Must Reads

WTF Is Eric Holder Thinking? And Other Monday Must Reads


The LA Times reported over the weekend that U.S. Attorney General Eric Holder
has communicated in a letter to the DEA and other law enforcement agencies that, even if the voters of the state pass Proposition 19, he intends to “vigorously enforce” federal marijuana laws against Californians.

So let me get it straight: in this era of limited resources, overcrowded jails and prisons running at double-capacity, the U.S. AG is going to go after the pot smokers? (And growers and sellers.) All this in defiance of the will of the California voters, should Prop. 19 pass?

Yeah, that works.

(NOTE TO MR. HOLDER: I don’t know if you and your DEA friends have noticed, but crystal meth is destroying lives at a staggering clip in states like Montana, Texas, Idaho, Arkansas and Missouri, and that little issue might be a better use of your time and money, than weed.)

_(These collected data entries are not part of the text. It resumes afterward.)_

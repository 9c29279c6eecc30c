//! `once` over memory: its calls and replies written out by hand, from RFC 5531 and yp.x.

use crate::given::{assert_same, bytes, try_rows};
use std::alloc::Global;
use std::process::Abort;
use std::random::RandomSource;
use std::sync::Wait;
use std::thread::Threads;
use std::time::Clock;
use yp_stage::{FAIR, Row, Words, strings_of, try_made};

/// MATCH of `alpha` in the map `hosts.byname` of the domain `lab`, xid 1, in a record of 80 bytes.
const MATCH: Words = &[
    "8000004c 00000001 00000000 00000002 000186a4 00000002 00000003",
    "00000000 00000000 00000000 00000000 00000003 6c616200",
    "0000000c 686f7374 732e6279 6e616d65 00000005 616c7068 61000000",
];

/// Its reply, of 52 bytes.
const REPLY: &str = "80000030 00000001 00000001 00000000 00000000 00000000 00000000
    00000001 0000000e 31302e30 2e302e31 20616c70 68610000";

/// Its reply where no row has the key.
const NO_KEY_REPLY: &str = "80000020 00000001 00000001 00000000 00000000 00000000 00000000
    fffffffd 00000000";

/// The words serve one row.
const ANSWERED: Row = Row {
    name: "reads of eighty bytes",
    words: &["once", "lab/hosts.byname", "alpha=10.0.0.1 alpha"],
    input: MATCH,
    read: 80,
    replies: &[REPLY],
    ..FAIR
};

/// The most bytes of a read.
static PIECES: [Row; 3] = [
    Row {
        name: "reads of one byte",
        read: 1,
        ..ANSWERED
    },
    Row {
        name: "reads of three bytes",
        read: 3,
        ..ANSWERED
    },
    ANSWERED,
];

#[test]
fn first_match(rt: HostRuntime) {
    try_rows(&rt, rt.alloc(), &PIECES);
}

/// The call of MATCH, each of its bytes in a fragment of its own, and an empty fragment after the tenth.
const FRAGMENTS: Words = &[
    "0000000100 0000000100 0000000100 0000000101 0000000100 0000000100 0000000100 0000000100",
    "0000000100 0000000100 00000000 0000000100 0000000102 0000000100 0000000101 0000000186",
    "00000001a4 0000000100 0000000100 0000000100 0000000102 0000000100 0000000100 0000000100",
    "0000000103 0000000100 0000000100 0000000100 0000000100 0000000100 0000000100 0000000100",
    "0000000100 0000000100 0000000100 0000000100 0000000100 0000000100 0000000100 0000000100",
    "0000000100 0000000100 0000000100 0000000100 0000000103 000000016c 0000000161 0000000162",
    "0000000100 0000000100 0000000100 0000000100 000000010c 0000000168 000000016f 0000000173",
    "0000000174 0000000173 000000012e 0000000162 0000000179 000000016e 0000000161 000000016d",
    "0000000165 0000000100 0000000100 0000000100 0000000105 0000000161 000000016c 0000000170",
    "0000000168 0000000161 0000000100 0000000100 8000000100",
];

const IN_FRAGMENTS: Row = Row {
    input: FRAGMENTS,
    ..ANSWERED
};

static FRAGMENT_PIECES: [Row; 3] = [
    Row {
        name: "fragments, in reads of one byte",
        read: 1,
        ..IN_FRAGMENTS
    },
    Row {
        name: "fragments, in reads of three bytes",
        read: 3,
        ..IN_FRAGMENTS
    },
    IN_FRAGMENTS,
];

#[test]
fn many_fragments(rt: HostRuntime) {
    let call = bytes(&rt, rt.alloc(), FRAGMENTS);
    assert_same(&rt, &call.len(), &384, "the length of the call");
    try_rows(&rt, rt.alloc(), &FRAGMENT_PIECES);
}

/// The most bytes of a value.
const VALUE_MAX: usize = 65_536;

/// The longest value, all of whose bytes are `x`.
fn longest_value<R: Abort>(rt: &R, alloc: Global) -> String {
    "x".repeat(alloc, VALUE_MAX).expect(rt, "memory")
}

/// The words of `once` without a row.
fn once_words<R: Abort>(rt: &R, alloc: Global) -> Vec<String> {
    strings_of(alloc, &["once", "lab/hosts.byname"]).expect(rt, "memory")
}

/// Runs these words over MATCH, and compares what comes with a row whose output is these bytes.
fn try_words<R: Threads + Wait + RandomSource + Clock + Abort + Sync>(
    rt: &R,
    alloc: Global,
    row: &Row,
    words: &[String],
    output: &[u8],
) {
    let call = bytes(rt, alloc, MATCH);
    try_made(alloc, rt, row, words, &call, output).expect(rt, row.name);
}

/// What a fragment of 8,192 bytes has.
static FULL: [u8; 8_192] = [b'x'; 8_192];

fn add<R: Abort>(rt: &R, reply: &mut Vec<u8>, bytes: &[u8]) {
    reply.extend_from_slice(bytes).expect(rt, "memory");
}

/// The reply to MATCH with the longest value: eight fragments of 8,192 bytes, the first of which begins with 32 bytes
/// before the value, and one of 32.
fn reply_of_nine_fragments<R: Abort>(rt: &R, alloc: Global) -> Vec<u8> {
    let mut reply = bytes(
        rt,
        alloc,
        &["00002000 00000001 00000001 00000000 00000000 00000000 00000000 00000001 00010000"],
    );
    add(rt, &mut reply, &FULL[32..]);
    for _ in 0..7 {
        add(rt, &mut reply, &[0, 0, 0x20, 0]);
        add(rt, &mut reply, &FULL);
    }
    add(rt, &mut reply, &[0x80, 0, 0, 32]);
    add(rt, &mut reply, &FULL[..32]);
    reply
}

/// A write takes 4,096 bytes at most.
static LONGEST: Row = Row {
    name: "the longest value",
    ..ANSWERED
};

#[test]
fn value_in_nine_fragments(rt: HostRuntime) {
    let alloc = rt.alloc();
    let reply = reply_of_nine_fragments(&rt, alloc);
    assert_same(&rt, &reply.len(), &65_604, "the length of the reply");
    let value = longest_value(&rt, alloc);
    let row = format!(in alloc; "alpha={value}").expect(&rt, "memory");
    let mut words = once_words(&rt, alloc);
    words.push(row).expect(&rt, "memory");
    try_words(&rt, alloc, &LONGEST, &words, &reply);
}

/// Sixteen letters.
static LETTERS: [char; 16] = [
    'A', 'B', 'C', 'D', 'E', 'F', 'G', 'H', 'I', 'J', 'K', 'L', 'M', 'N', 'O', 'P',
];

/// Adds a row for each key of this letter and another one.
fn add_rows<R: Abort>(rt: &R, alloc: Global, words: &mut Vec<String>, first: char, value: &str) {
    for second in &LETTERS {
        let row = format!(in alloc; "{first}{second}={value}").expect(rt, "memory");
        words.push(row).expect(rt, "memory");
    }
}

/// Words that serve 256 rows with keys of two letters and the longest values.
fn longest_rows<R: Abort>(rt: &R, alloc: Global) -> Vec<String> {
    let value = longest_value(rt, alloc);
    let mut words = once_words(rt, alloc);
    for first in &LETTERS {
        add_rows(rt, alloc, &mut words, *first, &value);
    }
    words
}

static REFUSED: Row = Row {
    name: "258 words",
    code: 17,
    note: "yp: row 257 rule 4\n",
    ..FAIR
};

static TAKEN: Row = Row {
    name: "257 words",
    ..ANSWERED
};

#[test]
fn rows_past_a_limit(rt: HostRuntime) {
    let alloc = rt.alloc();
    // The body of a version is at most 16,777,216 bytes: 20 at its front, and 65,548 of each row.
    let reply = bytes(&rt, alloc, &[NO_KEY_REPLY]);
    let mut words = longest_rows(&rt, alloc);
    assert_same(&rt, &words.len(), &258, "the number of the words");
    try_words(&rt, alloc, &REFUSED, &words, &[]);
    let _ = words.pop();
    try_words(&rt, alloc, &TAKEN, &words, &reply);
}

/// The call twice: each record takes a read for its head and one for its body, and the end of the input one; each reply
/// takes a write and a flush.
const TWICE: Row = Row {
    name: "no sixth read",
    input: &[
        "8000004c 00000001 00000000 00000002 000186a4 00000002 00000003",
        "00000000 00000000 00000000 00000000 00000003 6c616200",
        "0000000c 686f7374 732e6279 6e616d65 00000005 616c7068 61000000",
        "8000004c 00000001 00000000 00000002 000186a4 00000002 00000003",
        "00000000 00000000 00000000 00000000 00000003 6c616200",
        "0000000c 686f7374 732e6279 6e616d65 00000005 616c7068 61000000",
    ],
    reads: 5,
    writes: 4,
    replies: &[REPLY, REPLY],
    ..ANSWERED
};

const UNREAD: Row = Row {
    name: "the first head isn't read",
    reads: 0,
    code: 3,
    cut: 0,
    note: "yp: read fault\n",
    ..TWICE
};

const UNWRITTEN: Row = Row {
    name: "the first reply isn't written",
    writes: 0,
    code: 4,
    cut: 0,
    note: "yp: write fault\n",
    ..TWICE
};

static FAULTS: [Row; 10] = [
    TWICE,
    UNREAD,
    Row {
        name: "the first body isn't read",
        reads: 1,
        ..UNREAD
    },
    Row {
        name: "the second head isn't read",
        reads: 2,
        cut: 52,
        ..UNREAD
    },
    Row {
        name: "the second body isn't read",
        reads: 3,
        cut: 52,
        ..UNREAD
    },
    Row {
        name: "the end isn't read",
        reads: 4,
        cut: 104,
        ..UNREAD
    },
    UNWRITTEN,
    Row {
        name: "the first reply isn't flushed",
        writes: 1,
        cut: 52,
        ..UNWRITTEN
    },
    Row {
        name: "the second reply isn't written",
        writes: 2,
        cut: 52,
        ..UNWRITTEN
    },
    Row {
        name: "the second reply isn't flushed",
        writes: 3,
        cut: 104,
        ..UNWRITTEN
    },
];

#[test]
fn one_failing_call(rt: HostRuntime) {
    try_rows(&rt, rt.alloc(), &FAULTS);
}

/// Calls with a domain of 4,294,967,295 bytes, with padding of the domain that isn't zero, and with a credential of 401
/// bytes, and one that is well. The first two are garbage, and the third gets no reply.
static HOSTILE: [Row; 1] = [Row {
    name: "hostile calls",
    input: &[
        "8000004c 00000001 00000000 00000002 000186a4 00000002 00000003",
        "00000000 00000000 00000000 00000000 ffffffff 6c616200",
        "0000000c 686f7374 732e6279 6e616d65 00000005 616c7068 61000000",
        "8000004c 00000001 00000000 00000002 000186a4 00000002 00000003",
        "00000000 00000000 00000000 00000000 00000003 6c616201",
        "0000000c 686f7374 732e6279 6e616d65 00000005 616c7068 61000000",
        "8000004c 00000001 00000000 00000002 000186a4 00000002 00000003",
        "00000000 00000191 00000000 00000000 00000003 6c616200",
        "0000000c 686f7374 732e6279 6e616d65 00000005 616c7068 61000000",
        "8000004c 00000001 00000000 00000002 000186a4 00000002 00000003",
        "00000000 00000000 00000000 00000000 00000003 6c616200",
        "0000000c 686f7374 732e6279 6e616d65 00000005 616c7068 61000000",
    ],
    replies: &[
        "80000018 00000001 00000001 00000000 00000000 00000000 00000004",
        "80000018 00000001 00000001 00000000 00000000 00000000 00000004",
        REPLY,
    ],
    ..ANSWERED
}];

#[test]
fn hostile_calls(rt: HostRuntime) {
    try_rows(&rt, rt.alloc(), &HOSTILE);
}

Furthermore, where are all the states rights, small government, free market conservatives on this?

The always excellent Doug Berman, over at Sentencing, Law and Policy, put it better than I can. He said:

I am disappointed, but not really surprised, that this story has yet to generate backlash or even comment from the usual suspects on the right who are so eager and usually so quick to attack every supposed “big government” move by the Obama Administration. For reasons I am still struggling to fully understand, the traditional conservative voices on the right who gush about individual liberty and free markets, and who love to bash big government and the Obama Administration, seem to flee from their purported principles when the liberty and free markets at issue involving growing and smoking a weed.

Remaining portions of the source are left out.